China is reportedly considering the issuance of 6 trillion yuan (approximately $850 billion) in special treasury bonds over the next three years to bolster its struggling economy. Despite the substantial figure, this proposed fiscal stimulus has failed to uplift investor confidence, as reflected in the lukewarm performance of the stock market.
Unveiling the Stimulus Plan
According to a Caixin Global report, which cited sources familiar with the matter, this potential bond issuance follows statements from Finance Minister Lan Foan. On Saturday, he announced that China would “significantly increase” its debt to support economic growth. However, the lack of specific details surrounding the size and timing of these fiscal measures has left some investors dissatisfied.
The announcement arrives amid widespread speculation regarding the scope of Beijing’s economic rescue package. Earlier this month, Chinese stocks reached two-year highs following initial rumors of stimulus efforts. Yet, without confirmation of the details, markets retreated, leaving many investors cautious. By Tuesday, stocks had dipped 0.3%, indicating muted optimism about the reported stimulus.
Analysts Weigh In
While the market reaction has been subdued, financial experts suggest that the proposed bond issuance could help stabilize China’s growth in the short term.

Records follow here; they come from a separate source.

#![tactic(auto)]
// Sums over words and bytes, in which each number and its place count.
ghost use Rattle.std.specs.Prelude.{◌≡◌};
ghost use Rattle.test_checksum.specs.Sum.{with, checksum_of};

fn with(total: u32, n: u32) -> u32
    ensures { result ≡ with total n }
{
    ((65599 * u64::from(total) + u64::from(n) + 1) % 4294967291) as u32
}

// The sum of some words after that of what came before them.
pub fn of_words(before: u32, words: &[u32]) -> u32
    ensures { result ≡ checksum_of before words.now }
{
    words.iter().fold(before, |total, n| with(total, *n))
}

// The same of bytes.
// Kept: a function over any element would need a bound for its number, and be longer than this fold.
pub fn of_bytes(before: u32, bytes: &[u8]) -> u32
    ensures { result ≡ checksum_of before bytes.now }
{
    bytes
        .iter()
        .fold(before, |total, b| with(total, u32::from(*b)))
}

Xing Zhaopeng, senior China strategist at ANZ, stated, “This is in line with our expectations. We still believe that a growth target of around 5% is feasible for next year, and this level of stimulus should be sufficient to support that goal.”
In fact, last month, Reuters reported that China was considering issuing special sovereign bonds worth about 2 trillion yuan ($285 billion) this year alone as part of broader fiscal measures.

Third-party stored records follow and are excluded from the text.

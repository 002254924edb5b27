#![tactic(auto)]
// Count sheet as C calls it: the answer in lent words.
// Kept: the parameters are those of the C function.
ghost use Rattle.std.specs.Prelude.{◌≡◌, length};
ghost use Rattle.words_answer.specs.Answer.{exported};
ghost use Rattle.count_sheet.specs.Sheet.{counted_sheet, said_counted};

use count_sheet::CountError;

// Counts. Answer: refusal, totals.
pub fn export(
    documents: &[u32],
    protocols: &[u32],
    names: &[u32],
    totals: &mut [u64],
    work: &mut [u32],
    answer: &mut [u64],
) -> u32
    ensures { record { result = result; lent = totals.new; answer = answer.new } ≡ exported 17 2 totals.old answer.old (said_counted (counted_sheet documents.now protocols.now names.now (length work.old) totals.old)) }
{
    if answer.len() < 2 {
        return u32::from(CountError::WrongRequest);
    }
    match count_sheet::count(documents, protocols, names, totals, work) {
        Ok(n) => words_answer::put(answer, Ok([n as u64])),
        Err(error) => words_answer::put::<1>(answer, Err(u32::from(error))),
    }
}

Economic Outlook: Growth Targets Under Pressure
Recent economic data from China has been less than encouraging. Both September’s trade and new lending figures fell short of expectations, raising concerns that the country might not hit its 2024 growth target of 5%. Analysts predict third-quarter growth will slow to 4.5%, compared to 4.7% in the second quarter, with hopes of a late-year rebound driven by the anticipated stimulus.

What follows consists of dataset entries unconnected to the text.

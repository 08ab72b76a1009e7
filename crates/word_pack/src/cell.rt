ghost use Rattle.std.specs.Prelude.{◌≡◌, Some, IfSome};
ghost use Rattle.word_pack.specs.declared.cell.CellForm.{CellForm};
ghost use Rattle.word_pack.specs.CellWords.{FitsCell, cell_word, IsCellWord};

use crate::layout::{CONDITIONAL, DESCRIPTOR, ENTRY, FRESH, HELPER, PLAIN, REFERENCE, ROW, TAG};

/// What the word of a cell says.
///
/// A descriptor's number is `8 * caller + k`, with k from 0 to 7.
#[derive(Clone, Copy, Debug, PartialEq, Eq)]
pub enum CellForm {
    /// The cell's calendar begins in this row. Row 0 is an empty calendar.
    Plain {
        row: u32,
    },
    /// A descriptor's entry, installed by a helper under its install's number, and not in force yet.
    Conditional {
        entry: u32,
        descriptor: u32,
        helper: u32,
        fresh: u64,
    },
    /// A descriptor's entry, whose status decides between the old row and the new one.
    Reference {
        entry: u32,
        descriptor: u32,
    },
}

/// The word of a form.
pub fn pack_cell(form: CellForm) -> u64
    requires { FitsCell form }
    ensures { result ≡ cell_word form }
{
    match form {
        CellForm::Plain { row } => ROW.put(PLAIN, u64::from(row)),
        CellForm::Conditional {
            entry,
            descriptor,
            helper,
            fresh,
        } => {
            let word = ENTRY.put(CONDITIONAL, u64::from(entry));
            let word = DESCRIPTOR.put(word, u64::from(descriptor));
            let word = HELPER.put(word, u64::from(helper));
            FRESH.put(word, fresh)
        }
        CellForm::Reference { entry, descriptor } => {
            let word = ENTRY.put(REFERENCE, u64::from(entry));
            DESCRIPTOR.put(word, u64::from(descriptor))
        }
    }
}

/// The form of a word, or None where it is the word of no form.
pub fn unpack_cell(word: u64) -> Option<CellForm>
    ensures form { IfSome result (λ form. IsCellWord form word) }
    ensures every { (form : CellForm) → IsCellWord form word → result ≡ Some form }
{
    match TAG.of(word) {
        PLAIN if ROW.is_last_of(word) => Some(CellForm::Plain {
            row: ROW.of(word) as u32,
        }),
        CONDITIONAL => Some(CellForm::Conditional {
            entry: ENTRY.of(word) as u32,
            descriptor: DESCRIPTOR.of(word) as u32,
            helper: HELPER.of(word) as u32,
            fresh: FRESH.of(word),
        }),
        REFERENCE if DESCRIPTOR.is_last_of(word) => Some(CellForm::Reference {
            entry: ENTRY.of(word) as u32,
            descriptor: DESCRIPTOR.of(word) as u32,
        }),
        _ => None,
    }
}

Authorities have already started implementing measures to support the economy. In late September, the Chinese government introduced monetary stimulus alongside support for the property sector. This was followed by a Politburo meeting in which leaders pledged “necessary spending” to bring the country’s growth trajectory back on track.
Challenges Ahead for China’s Economy
Despite the reported 6 trillion yuan bond issuance, hitting a consistent growth rate of 5% over the next few years will be a daunting task. Bruce Pang, chief China economist at Jones Lang LaSalle, noted that the additional funds could significantly improve China’s chances of achieving this growth rate in 2024 and 2025. However, challenges such as weakening external demand and the ongoing property crisis could hinder progress.
The property sector, which has been in sharp decline since 2021, remains a major concern for local governments. Many local governments relied on land sales to developers as a key revenue source. As the real estate market struggles, government revenues have shrunk, further straining the ability to invest in infrastructure and other growth-boosting projects.
The Role of Local Government Debt and Public Spending
The report also highlighted that the newly raised funds would be partially allocated to help local governments resolve their hidden debts. According to the International Monetary Fund (IMF), China’s central government debt is estimated at 24% of GDP, but overall public debt—including local government liabilities—stands at a staggering $16 trillion, or 116% of GDP.
With local governments heavily indebted and corporate balance sheets weakening, Xia Haojie, a bond analyst at Guosen Futures, expressed concern that investment will remain subdued unless the central government takes bold steps to increase leverage.
Global Impact and Trade Concerns
China’s economic woes extend beyond its borders. The nation’s reliance on debt-driven infrastructure investments and manufacturing has contributed to a significant imbalance between its role as a global producer and its lagging consumer demand. This imbalance has sparked trade tensions, particularly with the United States and Europe.
Furthermore, concerns about long-term growth potential are growing, even with the short-term stimulus. Lynn Song, ING’s greater China chief economist, emphasized that maintaining 5% growth in the coming years will be “a challenging task,” especially in the face of weaker global demand.
What’s Next?
The details of China’s fiscal stimulus are expected to be revealed in the coming weeks during a meeting of the Standing Committee of the National People’s Congress, the country’s top legislative body. Investors and analysts alike are eagerly awaiting more clarity on how Beijing plans to manage its debt and reignite economic growth.